Direct 0D-3D coupling of a lattice Boltzmann methodology for fluid-structure hemodynamics simulations

This work introduces a numerical approach for the implementation and direct coupling of arbitrary complex ordinary differential equation- (ODE-)governed boundary conditions to three-dimensional (3D) lattice Boltzmann-based fluid equations for fluid-structure hemodynamics simulations. In particular, a most complex configuration is treated by considering a dynamic left ventricle- (LV-)elastance heart model which is governed by (and applied as) a nonlinear, non-stationary hybrid ODE-Dirichlet system.

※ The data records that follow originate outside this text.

//! The variables of a function, and those of a program.
//! They must not know what the code does with them.

ghost use Rattle.std.specs.Prelude.{◌≡◌, ◌+◌, ◌<◌, ◌≤◌, ◌^◌, length, slice_get, option_copied};
ghost use Rattle.aplc_names.specs.States.{is_among};
ghost use Rattle.aplc_cprof.specs.declared.syntax.Int.TheVariants as int;
ghost use Rattle.aplc_gen.specs.Layouts.{place_in, frame_of, global_base, global_ints, global_value, global_flag, function_place};
ghost use Rattle.aplc_gen.specs.Writing.{IsShort, HasShortLists};

use crate::names::Names;
use aplc_cprof::{Int, List};
use std::alloc::{AllocError, Global};
use std::marker::Model;

/// The variables of a function.
#[derive(Drop)]
pub struct Frame {
    names: Names,
    unsure: Names,
    slots: u32,
    sure: Names,
}

impl Model for Frame {
    ghost use Rattle.aplc_gen.specs.Layouts.{Frame};
    ghost use Rattle.aplc_gen.specs.Writing.{frame_code, IsShort};

    ghost Value = { Frame };

    ghost coded = { frame_code };

    ghost view = { λ f. record { names = f.names; unsure = f.unsure; slots = f.slots; sure = f.sure } };

    ghost invariant = { λ f. IsShort record { names = f.names; unsure = f.unsure; slots = f.slots; sure = f.sure } };
}

impl Frame {
    /// The variables of a function: those of these names, their flags and this many slots.
    pub fn new(names: Names, unsure: Names, slots: u32, sure: Names) -> Frame
        requires short { length names + length unsure + slots < 2 ^ 31 }
        ensures { result ≡ record { names = names; unsure = unsure; slots = slots; sure = sure } }
    {
        Frame {
            names,
            unsure,
            slots,
            sure,
        }
    }

    /// The variable of a local name.
    pub fn value(&self, name: u32) -> Int
        ensures { result ≡ int.Local (place_in self.now.names name) }
    {
        Int::Local(self.names.place(name) as u32)
    }

    /// The flag of a local name that has one.
    pub fn flag(&self, name: u32) -> Int
        ensures { result ≡ int.Local (length self.now.names + place_in self.now.unsure name) }
    {
        Int::Local(self.names.len() as u32 + self.unsure.place(name) as u32)
    }

    /// The local names that have a variable.
    pub fn names(&self) -> &Names
        ensures names { result.now ≡ self.now.names }
        ensures short { IsShort self.now }
    {
        &self.names
    }

    pub fn is_unsure(&self, name: u32) -> bool
        ensures { result ≡ is_among name self.now.unsure }
    {
        self.unsure.has(name)
    }

    pub fn is_sure(&self, name: u32) -> bool
        ensures { result ≡ is_among name self.now.sure }
    {
        self.sure.has(name)
    }

    /// The names that have a value wherever a branch may lead, and at the end.
    pub fn sure(&self) -> &Names
        ensures { result.now ≡ self.now.sure }
    {
        &self.sure
    }

    /// How many flags it has.
    pub fn flags(&self) -> u32
        ensures flags { result ≡ length self.now.unsure }
        ensures short { IsShort self.now }
    {
        self.unsure.len() as u32
    }

    /// The number of the variable of the first flag.
    pub fn first_flag(&self) -> u32
        ensures flag { result ≡ length self.now.names }
        ensures short { IsShort self.now }
    {
        self.names.len() as u32
    }

    pub fn slots(&self) -> u32
        ensures slots { result ≡ self.now.slots }
        ensures short { IsShort self.now }
    {
        self.slots
    }

    /// The number of the variable that has the line.
    pub fn line(&self) -> u32
        ensures line { result ≡ length self.now.names + length self.now.unsure }
        ensures short { IsShort self.now }
    {
        self.names.len() as u32 + self.unsure.len() as u32
    }
}

/// The variables of a program.
#[derive(Drop)]
pub struct Layout {
    globals: Names,
    unsure: Names,
    called: Names,
    counted: bool,
    frames: List<Frame>,
}

impl Model for Layout {
    ghost use Rattle.aplc_gen.specs.Layouts.{Layout};
    ghost use Rattle.aplc_gen.specs.Writing.{layout_code, HasShortLists};

    ghost Value = { Layout };

    ghost coded = { layout_code };

    ghost view = { λ y. record { globals = y.globals; unsure = y.unsure; called = y.called; counted = y.counted; frames = y.frames } };

    ghost invariant = { λ y. HasShortLists record { globals = y.globals; unsure = y.unsure; called = y.called; counted = y.counted; frames = y.frames } };
}

impl Layout {
    /// The variables of a program, with those of each function by its number.
    pub fn new(
        globals: Names,
        unsure: Names,
        called: Names,
        counted: bool,
        frames: Vec<Frame>,
    ) -> Layout
        requires short { HasShortLists record { globals = globals; unsure = unsure; called = called; counted = counted; frames = frames.items } }
        ensures { result ≡ record { globals = globals; unsure = unsure; called = called; counted = counted; frames = frames.items } }
    {
        Layout {
            globals,
            unsure,
            called,
            counted,
            frames: List::from_vec(frames),
        }
    }

    /// The number of the first global variable that is not for calls.
    fn base(&self) -> u32
        ensures base { result ≡ global_base self.now }
        ensures short { HasShortLists self.now }
    {
        if self.called.len() == 0 { 0 } else { 5 }
    }

    /// How many global variables there are.
    pub fn ints(&self) -> u32
        ensures { result ≡ global_ints self.now }
    {
        self.base() + self.globals.len() as u32 + self.unsure.len() as u32
    }

    /// The variable of a global name.
    pub fn value(&self, name: u32) -> Int
        ensures { result ≡ global_value self.now name }
    {
        Int::Global(self.base() + self.globals.place(name) as u32)
    }

    /// The flag of a global name that has one.
    pub fn flag(&self, name: u32) -> Int
        ensures { result ≡ global_flag self.now name }
    {
        let flags = self.base() + self.globals.len() as u32;
        Int::Global(flags + self.unsure.place(name) as u32)
    }

    pub fn is_unsure(&self, name: u32) -> bool
        ensures { result ≡ is_among name self.now.unsure }
    {
        self.unsure.has(name)
    }

    /// The C function of a function that is called.
    pub fn function(&self, function: u32) -> u32
        ensures { result ≡ function_place self.now function }
    {
        self.called.place(function) as u32 + 1
    }

    /// The global names that have a variable.
    pub fn globals(&self) -> &Names
        ensures names { result.now ≡ self.now.globals }
        ensures short { HasShortLists self.now }
    {
        &self.globals
    }

    /// The functions that are called, in the order of their C functions.
    pub fn called(&self) -> &Names
        ensures { result.now ≡ self.now.called }
    {
        &self.called
    }

    /// Whether calls are counted, since they may nest too deep.
    pub fn is_counted(&self) -> bool
        ensures { result ≡ self.now.counted }
    {
        self.counted
    }

    /// How many functions there are.
    pub fn count(&self) -> usize
        ensures { result ≡ length self.now.frames }
    {
        self.frames.as_slice().len()
    }

    /// The variables of a function that is there.
    #[tactic(auto, using(crate::proofs::SparedRows::frame_there))]
    pub fn frame_of(&self, function: usize) -> &Frame
        requires { function < length self.now.frames }
        ensures { result.now ≡ frame_of self.now function }
    {
        &self.frames.as_slice()[function]
    }

    /// The variables of a function, by its number.
    pub fn frame(&self, function: usize) -> Option<&Frame>
        ensures { option_copied result ≡ slice_get self.now.frames function }
    {
        self.frames.as_slice().get(function)
    }
}
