//! The code of steps and of lines.
//! It must not know which lines have arms.

ghost use Rattle.std.specs.Prelude.{◌≡◌, ◌+◌, ◌<◌, ◌≤◌, ◌∷◌, ◌&&◌, [], true, false, pos, IfOk, OnOk, map};
ghost use Rattle.aplc_core.specs.PlainSteps.{term_of, effect_of};
ghost use Rattle.aplc_names.specs.Eager.{function_of};
ghost use Rattle.aplc_gen.specs.Layouts.{the_routine, base};
ghost use Rattle.aplc_gen.specs.Emitted.{computed, scope_at, operand, tree_code, go_to, not_known, store_code, display_code, jump_code, step_code, work_code, steps_width, known_after, known_behind, known_through, is_branch, branches, lead, lead_code};
ghost use Rattle.aplc_gen.specs.Codes.{ending, exit_code, end_code};
ghost use Rattle.aplc_gen.specs.Added.{AddsLine};
ghost use Rattle.aplc_gen.specs.Writing.{added, site_of, slots_at, fits_tree, fits_step, fits_steps};
ghost use Rattle.aplc_gen.specs.Flows.{lead_of, is_blank};

use crate::expressions::emit_flag;
use crate::flow::Flow;
use crate::known::Known;
use crate::lead::Lead;
use crate::passing::{emit_call, emit_leave};
use crate::site::Site;
use crate::terms::{emit_tree, operand};
use aplc_core::{Step, Tree};
use aplc_cprof::{Builder, CExpr, CStmt, Int, List};
use aplc_names::Scope;
use aplc_syntax::NameId;
use std::alloc::{AllocError, Global};

const LINE_FEED: i64 = 10;

/// The code of a tree, and where its value stands.
#[tactic(auto, using(crate::proofs::Adding::tree_fits))]
fn emit_value(
    alloc: Global,
    b: &mut Builder,
    site: &Site,
    known: &mut Known,
    tree: &Tree,
) -> Result<CExpr, AllocError>
    requires { fits_tree (slots_at site.now) (term_of tree.now) ≡ true }
    ensures code { OnOk result (b.new ≡ added (tree_code (site_of site.now) known.old (base (site_of site.now)) (term_of tree.now)) b.old) }
    ensures known { OnOk result (known.new ≡ known_after known.old (term_of tree.now)) }
    ensures value { IfOk result (λ e. e ≡ operand (site_of site.now) (base (site_of site.now)) (term_of tree.now)) }
{
    let free = site.base();
    emit_tree(alloc, b, site, known, free, tree)?;
    operand(alloc, site, free, tree)
}

fn not_known(known: &Known, name: NameId) -> bool
    ensures { result ≡ not_known known.now name.0 }
{
    if known.has(name.0) { false } else { true }
}

/// A name is given the value.
#[tactic(auto, using(crate::proofs::Adding::added_after))]
fn emit_set(
    b: &mut Builder,
    site: &Site,
    known: &Known,
    name: NameId,
    value: CExpr,
) -> Result<(), AllocError>
    ensures { OnOk result (b.new ≡ added (store_code (site_of site.now) known.now (scope_at (site_of site.now) name.0) name.0 value) b.old) }
{
    let scope = site.scope(name);
    let flagged = site.is_unsure(scope, name) && not_known(known, name);
    b.emit(CStmt::Set(site.value(scope, name), value))?;
    emit_flag(b, site.flag(scope, name), flagged)
}

/// The line goes on with another.
pub fn emit_go_to(b: &mut Builder, site: &Site, line: u32) -> Result<(), AllocError>
    ensures { OnOk result (b.new ≡ added (go_to (site_of site.now) line) b.old) }
{
    b.emit(CStmt::Set(Int::Local(site.line_place()), CExpr::Lit(i64::from(line))))
}

/// The way to where a line leads.
pub fn emit_lead(alloc: Global, b: &mut Builder, site: &Site, lead: Lead) -> Result<(), AllocError>
    ensures { OnOk result (b.new ≡ added (lead_code (site_of site.now) (lead_of lead)) b.old) }
{
    match lead {
        Lead::Line(line) => emit_go_to(b, site, line),
        _ => emit_leave(alloc, b, site),
    }
}

/// The value is the number of the line.
#[tactic(auto, using(crate::proofs::Adding::added_after))]
fn emit_computed(
    alloc: Global,
    b: &mut Builder,
    site: &Site,
    known: &mut Known,
    tree: &Tree,
) -> Result<(), AllocError>
    requires { fits_tree (slots_at site.now) (term_of tree.now) ≡ true }
    ensures { OnOk result (b.new ≡ added (jump_code (site_of site.now) known.old (term_of tree.now) computed) b.old) }
{
    let value = emit_value(alloc, b, site, known, tree)?;
    b.emit(CStmt::Set(Int::Local(site.line_place()), value))
}

/// The tree of a branch, where the code does not say where it leads.
#[tactic(auto, using(crate::proofs::Adding::nothing_added))]
fn emit_jump(
    alloc: Global,
    b: &mut Builder,
    flow: &Flow,
    known: &mut Known,
    tree: &Tree,
) -> Result<(), AllocError>
    requires { fits_tree (slots_at flow.now) (term_of tree.now) ≡ true }
    ensures { OnOk result (b.new ≡ added (jump_code (site_of flow.now) known.old (term_of tree.now) (lead (the_routine (site_of flow.now)) (term_of tree.now))) b.old) }
{
    match flow.lead(tree) {
        Lead::Computed => emit_computed(alloc, b, flow.site(), known, tree),
        _ => Ok(()),
    }
}

/// The way to where a branch leads. A computed one has its number by then.
#[tactic(auto, using(crate::proofs::Adding::nothing_added))]
fn emit_exit(alloc: Global, b: &mut Builder, site: &Site, lead: Lead) -> Result<(), AllocError>
    ensures { OnOk result (b.new ≡ added (exit_code (site_of site.now) (lead_of lead)) b.old) }
{
    match lead {
        Lead::Out => emit_leave(alloc, b, site),
        Lead::Line(line) => emit_go_to(b, site, line),
        Lead::Computed => Ok(()),
    }
}

pub fn function_of(scope: Scope) -> u32
    ensures { result ≡ function_of scope }
{
    match scope {
        Scope::Function(function) => function,
        _ => 0,
    }
}

/// The number and a line feed.
#[tactic(auto, using(crate::proofs::Adding::added_after))]
fn emit_display(b: &mut Builder, value: CExpr) -> Result<(), AllocError>
    ensures { OnOk result (b.new ≡ added (display_code value) b.old) }
{
    b.emit(CStmt::PutNum(value, CExpr::Lit(0)))?;
    b.emit(CStmt::PutChar(CExpr::Lit(LINE_FEED)))
}

/// The code of a step that is no branch.
#[tactic(auto, using(crate::proofs::Adding::steps_added))]
fn emit_step(
    alloc: Global,
    b: &mut Builder,
    site: &Site,
    known: &mut Known,
    step: &Step,
) -> Result<(), AllocError>
    requires goes_on { is_branch (effect_of step.now) ≡ false }
    requires fits { fits_step (slots_at site.now) (effect_of step.now) ≡ true }
    ensures code { OnOk result (b.new ≡ added (step_code (site_of site.now) known.old (effect_of step.now)) b.old) }
    ensures known { OnOk result (known.new ≡ known_behind known.old (effect_of step.now)) }
{
    match step {
        Step::Keep(slot, tree) => {
            let value = emit_value(alloc, b, site, known, tree)?;
            b.emit(CStmt::Set(Int::Local(site.slot(*slot)), value))
        }
        Step::Store(_, name, tree) => {
            let value = emit_value(alloc, b, site, known, tree)?;
            emit_set(b, site, known, *name, value)?;
            known.add(name.0)
        }
        Step::Call(_, name, left, right, to) => {
            let function = function_of(site.scope(*name));
            emit_call(alloc, b, site, function, *left, *right, *to)
        }
        Step::Show(_, tree) => {
            let value = emit_value(alloc, b, site, known, tree)?;
            emit_display(b, value)
        }
        _ => Ok(()),
    }
}

pub fn is_branch(step: &Step) -> bool
    ensures { result ≡ is_branch (effect_of step.now) }
{
    matches!(step, Step::Branch(_))
}

pub fn is_blank(steps: &[Step]) -> bool
    ensures { result ≡ is_blank (map effect_of steps.now) }
{
    match steps {
        [] => true,
        _ => false,
    }
}

pub fn branches(steps: &[Step]) -> bool
    ensures { result ≡ branches (map effect_of steps.now) }
{
    for step in steps {
        if is_branch(step) {
            return true;
        }
    }
    false
}

/// The code of the steps of a line. Behind a branch there are none.
#[tactic(auto, using(crate::proofs::StepsWritten::steps_left))]
fn emit_steps(
    alloc: Global,
    b: &mut Builder,
    flow: &Flow,
    known: &mut Known,
    steps: &[Step],
) -> Result<(), AllocError>
    requires { fits_steps (slots_at flow.now) (map effect_of steps.now) ≡ true }
    ensures code { OnOk result (b.new ≡ added (work_code (site_of flow.now) known.old (map effect_of steps.now)) b.old) }
    ensures known { OnOk result (branches (map effect_of steps.now) ≡ false → known.new ≡ known_through known.old (map effect_of steps.now)) }
{
    for step in steps {
        match step {
            Step::Branch(tree) => return emit_jump(alloc, b, flow, known, tree),
            _ => emit_step(alloc, b, flow.site(), known, step)?,
        }
    }
    Ok(())
}

/// What follows the steps of a line: the way to where its branch leads.
#[tactic(auto, using(crate::proofs::StepsWritten::end_left))]
fn emit_end(alloc: Global, b: &mut Builder, flow: &Flow, steps: &[Step]) -> Result<(), AllocError>
    ensures { OnOk result (b.new ≡ added (end_code (site_of flow.now) (ending (map effect_of steps.now))) b.old) }
{
    for step in steps {
        match step {
            Step::Branch(tree) => return emit_exit(alloc, b, flow.site(), flow.lead(tree)),
            _ => (),
        }
    }
    Ok(())
}

fn emit_location(alloc: Global, b: &mut Builder, site: &Site, line: u32) -> Result<(), AllocError>
    ensures { OnOk result (b.new ≡ added (CStmt.At (the_routine (site_of site.now)).header.title (pos line) ∷ []) b.old) }
{
    let title = List::from_vec(Vec::from_slice(alloc, site.title())?);
    b.emit(CStmt::At(title, i64::from(line)))
}

/// The code of line number `line`, which has steps: the location, the steps and what follows them.
pub fn emit_line(
    alloc: Global,
    b: &mut Builder,
    flow: &Flow,
    known: &mut Known,
    line: u32,
    steps: &[Step],
) -> Result<(), AllocError>
    requires some { is_blank (map effect_of steps.now) ≡ false }
    requires fits { fits_steps (slots_at flow.now) (map effect_of steps.now) ≡ true }
    requires room { base (site_of flow.now) + steps_width (map effect_of steps.now) ≤ b.old.ints }
    ensures line { OnOk result (AddsLine (site_of flow.now) known.old line (map effect_of steps.now) b.old b.new) }
    ensures known { OnOk result (branches (map effect_of steps.now) ≡ false → known.new ≡ known_through known.old (map effect_of steps.now)) }
{
    emit_location(alloc, b, flow.site(), line)?;
    emit_steps(alloc, b, flow, known, steps)?;
    emit_end(alloc, b, flow, steps)
}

The complete 0D-3D solver, including its treatment of the fluid and solid equations as well as their interactions, is validated through a variety of benchmark and convergence studies that demonstrate the ability of the coupled 0D-3D methodology in generating physiological pressure and flow waveforms -- ultimately enabling the exploration of various physical and physiological parameters for hemodynamics studies of the coupled LV-arterial system. The methods proposed in this paper can be easily applied to other ODE-based boundary conditions (such as those based on Windkessel lumped parameter models) as well as to other fluid problems that are modeled by 3D lattice Boltzmann equations and that require direct coupling of dynamic 0D conditions.